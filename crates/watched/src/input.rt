//! A source, as what is known of it.

ghost use Rattle.std.specs.Prelude.{◌≡◌, ◌≤◌, true, length, IfOk, OnOk, OnErr};
ghost use Rattle.std.specs.Io.KnownBytes.{ReadConsumes};

use crate::Source;
use std::io;
use std::marker::Model;

/// A source, as the bytes that are still to come and whether a read has failed.
#[derive(Drop)]
pub struct Input<R: Source> {
    source: R,
}

impl<R: Source> Model for Input<R> {
    ghost use Rattle.watched.specs.Streams.{Reading};

    ghost Value = { Reading };

    ghost view = { λ i. record { remaining = R.remaining i.source; failed = R.has_failed i.source } };
}

impl<R: Source> Input<R> {
    pub fn new(source: R) -> Self
        ensures remaining { result.remaining ≡ R.remaining source }
        ensures failed { result.failed ≡ R.has_failed source }
    {
        Input { source }
    }

    /// Reads some bytes into the buffer, as `std::io::Read::read` does: 0 at the end.
    pub fn read(&mut self, buffer: &mut [u8]) -> io::Result<usize>
        ensures bound { IfOk result (λ n. n ≤ length buffer.new) }
        ensures bytes { ReadConsumes self.old.remaining self.new.remaining result buffer.new }
        ensures ok { OnOk result (self.new.failed ≡ self.old.failed) }
        ensures err { OnErr result (self.new.failed ≡ true) }
    {
        self.source.read(buffer)
    }
}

AIM OF THE TASK: Among the records above, find each line holding "Model" and list it.

RESULT BELOW:
use std::marker::Model;
impl<R: Source> Model for Input<R> {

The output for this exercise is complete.